Many great answers here already.
If I was stepping back from the immediate question, I would suggest examining Facebook's rationale for any new product it launches.
What is the purpose? Why does it continue launching and acquiring?
Fundamentally, you can reframe Facebook's strategy to be around maintenance vs. growth, given its position on the s-curve of mass adoption. It is clear from Facebook's history of recent acquisitions, Zuckerberg is very well aware of the innovator's dilemma, and attempting to disrupt the core business and diversify at the same time.

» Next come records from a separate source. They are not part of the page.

//! What a drill of the daemon is made of, below the run itself: what is drawn, what the callers send, the host in memory, and what is counted in its history
//! and left in its folder.
//!
//! `laws` has what follows from the definitions of a history for one in which no message is dropped, emptied or deleted: each function's contract there is a law,
//! and its body is empty.
#![tactic(auto)]

mod callers;
mod counting;
mod draws;
mod host;
pub mod laws;
mod left;

pub use callers::{consumer, publisher};
pub use counting::{finished_in, published_in, sent_in};
pub use draws::{Publish, draw};
pub use host::{drill_options, host_of};
pub use left::left_in;
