ghost use Rattle.std.specs.Prelude.{◌≡◌, not, IfOk};
ghost use Rattle.nsq_base.specs.Name.{is_ephemeral};
ghost use Rattle.nsq_outside.specs.Files.{Files};
ghost use Rattle.broker_history.specs.State.{State};
ghost use Rattle.broker_history.specs.Left.{kept_names};
ghost use Rattle.floor_rooms.specs.Standing.{HoldsFor};
ghost use Rattle.floor_rooms.specs.Kept.{hall_kept, room_kept, stall_kept};

use floor_rooms::{Hall, Room, Stall};
use names_file::{KeptChannel, KeptTopic};
use nsq_base::{Chan, Memory, Topic};
use std::alloc::Global;

/// The durable topics and channels with their pauses, in byte order. Want of memory is the only error.
pub fn kept(hall: &Hall, alloc: Global) -> Result<Vec<KeptTopic>, Memory>
    ensures value { IfOk result (λ kept. kept.items ≡ hall_kept hall.now) }
    ensures told { IfOk result (λ kept. (files : Files) (s : State) → HoldsFor hall.now files s → kept.items ≡ (kept_names s).topics) }
{
    let mut kept = Vec::new(alloc);
    'rooms: for room in &hall.rooms {
        if is_durable_topic(room.name()) {
            kept.push(kept_topic(alloc, room)?)?;
        }
    }
    Ok(kept)
}

// A topic as it is kept.
fn kept_topic(alloc: Global, room: &Room) -> Result<KeptTopic, Memory>
    ensures { IfOk result (λ topic. topic ≡ room_kept room.now) }
{
    let channels = kept_channels(alloc, room)?;
    Ok(KeptTopic {
        topic: room.name(),
        paused: room.queue.is_paused(),
        channels,
    })
}

// Its durable channels.
fn kept_channels(alloc: Global, room: &Room) -> Result<Vec<KeptChannel>, Memory>
    ensures { IfOk result (λ channels. channels.items ≡ (room_kept room.now).channels) }
{
    let mut channels = Vec::new(alloc);
    'stalls: for stall in &room.stalls {
        if is_durable_channel(stall.name()) {
            channels.push(kept_channel(stall))?;
        }
    }
    Ok(channels)
}

// A channel as it is kept.
fn kept_channel(stall: &Stall) -> KeptChannel
    ensures { result ≡ stall_kept stall.now }
{
    KeptChannel {
        channel: stall.name(),
        paused: stall.channel.is_paused(),
    }
}

// Whether a topic is kept on disk.
fn is_durable_topic(name: Topic) -> bool
    ensures { result ≡ not (is_ephemeral name) }
{
    !name.ephemeral()
}

// Whether a channel is kept on disk, where its topic is.
fn is_durable_channel(name: Chan) -> bool
    ensures { result ≡ not (is_ephemeral name) }
{
    !name.ephemeral()
}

For example, with WhatsApp (a closed P2P network), or Instagram (a separate photo sharing platform i.e. usurping what was Facebook's original raison d'etre).
Why?
What is the greatest existential threat to Facebook maintaining its scale and dominance? Losing relevance.

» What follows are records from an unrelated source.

ghost use Rattle.std.specs.Prelude.{◌≡◌, ◌<◌, All, AllPairs, IfOk, IsSome, filter};
ghost use Rattle.nsq_outside.specs.Files.{Files};
ghost use Rattle.path_image.specs.Found.{Pairwise};
ghost use Rattle.broker_history.specs.State.{State, has_channel};
ghost use Rattle.broker_history.specs.Said.{Tells, is_wanted};
ghost use Rattle.floor_rooms.specs.Rooms.{channel_name, client_in, topic_name};
ghost use Rattle.floor_rooms.specs.Sound.{AreMembers, IsRoomSound, IsSound, IsStallSound};
ghost use Rattle.floor_rooms.specs.Standing.{HoldsFor};
ghost use Rattle.floor_calls.specs.Stats.{IsToldOfClient, IsToldOfNumber, IsToldOfRoom, IsToldOfStall};

use broker_history::{ChannelStats, ClientStats, Items, Stats, TopicStats};
use floor_acts::find_client;
use floor_rooms::{Hall, Room, Stall};
use nsq_base::{Chan, Memory, Topic};
use std::alloc::Global;

/// The statistics, of the topic that is asked for or of all, and in each of the channel that is asked for or of all. Want of memory is the
/// only error.
pub fn stats(
    hall: &Hall,
    alloc: Global,
    topic: Option<Topic>,
    channel: Option<Chan>,
) -> Result<Stats, Memory>
    requires { IsSound hall.now }
    ensures { IfOk result (λ stats. (files : Files) (s : State) → HoldsFor hall.now files s → Tells s topic channel stats) }
{
    let mut topics = Items::new(alloc);
    'rooms: for room in &hall.rooms {
        if is_wanted_topic(topic, room.queue.name()) {
            topics.push(topic_stats(hall, alloc, room, channel)?)?;
        }
    }
    Ok(Stats { topics })
}

// What is told of a topic of the hall.
fn topic_stats(
    hall: &Hall,
    alloc: Global,
    room: &Room,
    channel: Option<Chan>,
) -> Result<TopicStats, Memory>
    requires sound { IsSound hall.now }
    requires room { IsRoomSound hall.now room.now }
    requires members { All (AreMembers hall.now.clients.items (topic_name room.now)) room.now.stalls.items }
    ensures { IfOk result (IsToldOfRoom hall.now channel room.now) }
{
    let depths = room.queue.depths();
    Ok(TopicStats {
        backend_depth: depths.disk,
        channels: channels_stats(hall, alloc, room, channel)?,
        depth: u128::from(depths.ring) + depths.disk,
        message_count: room.queue.message_count(),
        paused: room.queue.is_paused(),
        topic_name: room.queue.name(),
    })
}

// What is told of its channels.
fn channels_stats(
    hall: &Hall,
    alloc: Global,
    room: &Room,
    channel: Option<Chan>,
) -> Result<Items<ChannelStats>, Memory>
    requires sound { IsSound hall.now }
    requires room { IsRoomSound hall.now room.now }
    requires members { All (AreMembers hall.now.clients.items (topic_name room.now)) room.now.stalls.items }
    ensures { IfOk result (λ told. Pairwise (IsToldOfStall hall.now (topic_name room.now)) (filter (λ x. is_wanted channel (channel_name x)) room.now.stalls.items) told) }
{
    let topic = room.queue.name();
    let mut told = Items::new(alloc);
    'stalls: for stall in &room.stalls {
        if is_wanted_channel(channel, stall.channel.name()) {
            told.push(channel_stats(hall, alloc, topic, stall)?)?;
        }
    }
    Ok(told)
}

// What is told of a channel.
fn channel_stats(
    hall: &Hall,
    alloc: Global,
    topic: Topic,
    stall: &Stall,
) -> Result<ChannelStats, Memory>
    requires sound { IsSound hall.now }
    requires stall { IsStallSound hall.now.options topic hall.now.quiet_until hall.now.unsaved_from stall.now }
    requires members { AreMembers hall.now.clients.items topic stall.now }
    ensures { IfOk result (IsToldOfStall hall.now topic stall.now) }
{
    let counts = stall.channel.counts();
    Ok(ChannelStats {
        backend_depth: counts.backend_depth,
        channel_name: stall.channel.name(),
        clients: clients_stats(hall, alloc, topic, stall)?,
        deferred_count: counts.deferred_count,
        depth: counts.depth,
        in_flight_count: counts.in_flight_count,
        message_count: counts.message_count,
        paused: stall.channel.is_paused(),
        requeue_count: counts.requeue_count,
        timeout_count: counts.timeout_count,
    })
}

// What is told of a channel's clients.
fn clients_stats(
    hall: &Hall,
    alloc: Global,
    topic: Topic,
    stall: &Stall,
) -> Result<Items<ClientStats>, Memory>
    requires sound { IsSound hall.now }
    requires order { AllPairs (λ a b. a < b) stall.now.members.items }
    requires members { AreMembers hall.now.clients.items topic stall.now }
    ensures { IfOk result (Pairwise (IsToldOfClient stall.now) (filter (has_channel topic (channel_name stall.now)) hall.now.clients.items)) }
{
    let mut told = Items::new(alloc);
    'members: for number in &stall.members {
        told.push(client_stats(hall, alloc, stall, *number)?)?;
    }
    Ok(told)
}

// What is told of a client of a channel, by its number.
fn client_stats(
    hall: &Hall,
    alloc: Global,
    stall: &Stall,
    number: u64,
) -> Result<ClientStats, Memory>
    requires sound { IsSound hall.now }
    requires there { IsSome (client_in hall.now.clients.items number) }
    ensures { IfOk result (IsToldOfNumber hall.now.clients.items stall.now number) }
{
    let Some(client) = find_client(hall, number) else {
        unreachable!()
    };
    let flying = stall.channel.in_flight(number);
    Ok(client.tells(alloc, flying)?)
}

// Whether the topic is the one that is asked for, or none is.
fn is_wanted_topic(wanted: Option<Topic>, name: Topic) -> bool
    ensures { result ≡ is_wanted wanted name }
{
    match wanted {
        Some(topic) => topic == name,
        None => true,
    }
}

// Whether the channel is the one that is asked for, or none is.
fn is_wanted_channel(wanted: Option<Chan>, name: Chan) -> bool
    ensures { result ≡ is_wanted wanted name }
{
    match wanted {
        Some(channel) => channel == name,
        None => true,
    }
}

Any network can only remain relevant so long as it delivers value to all members on an ongoing basis. A loss of relevance occurs through 1000 cuts, not 1.

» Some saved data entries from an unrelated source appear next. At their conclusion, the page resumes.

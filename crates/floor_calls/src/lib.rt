//! What a call on a floor comes to, and the clients that it brings and takes away.
//!
//! Plans, over a hall that stays as it is, come before anything is changed: the act that a call leads to, what is said to what is asked over HTTP, the statistics,
//! the names of all topics and channels, and what of them is kept on disk. Each answer is the definition's, for every state that the hall stands for. Want of memory
//! is the only error. `floor_acts`' `specs/Plans.antt` says which act a call leads to, its `specs/Dues.antt` what a client is to be sent; `specs/Stats.antt` says what
//! is told of a hall's parts.
//!
//! Clients come to channels of the hall and go from them: each function says which states of `broker_history` the hall stands for afterwards, and what it leaves of
//! names that are saved and of marks.
//!
//! It hands on the other changes that a command asks for, of `floor_acts` and `floor_topics`, and the plans, replies and frames of `floor_acts`: who carries
//! commands out names this crate alone.
#![tactic(auto)]

mod asked;
mod due;
mod durable;
mod going;
mod listed;
mod plan;
mod subscribing;
mod told;

pub use asked::said_to;
pub use due::next_due_to;
pub use durable::kept;
pub use floor_acts::{
    Plan, Planned, are_left, beat, beat_frame, begin, close, closes, finish, identify, requeue,
    set_ready, speak, stop, touch,
};
pub use floor_topics::{
    Deleted, Lost, Published, create, delete_channel, delete_topic, empty_channel, empty_topic,
    pause, pause_channel, publish,
};
pub use going::gone;
pub use listed::names;
pub use plan::{is_strange, plan_call};
pub use subscribing::subscribe;
pub use told::stats;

This I would imagine would be a core concern in the minds of FB's board, major shareholders and the ExecCo.
One form of relevance is maintaining a moat from network effects, but Facebook's biggest issue at present is churn and the distribution of its network skewing away from the early adoptors and cultural influencers.
Will the launch of a dating product (albeit a generic one, just on Facebook), mean it increases engagement with a highly valuable demographic for advertisers and reduces churn due to lock-up on the network? Possibly.
Are there likely to be strong data crossovers from a richer social graph if combined with dating patterns? Highly likely.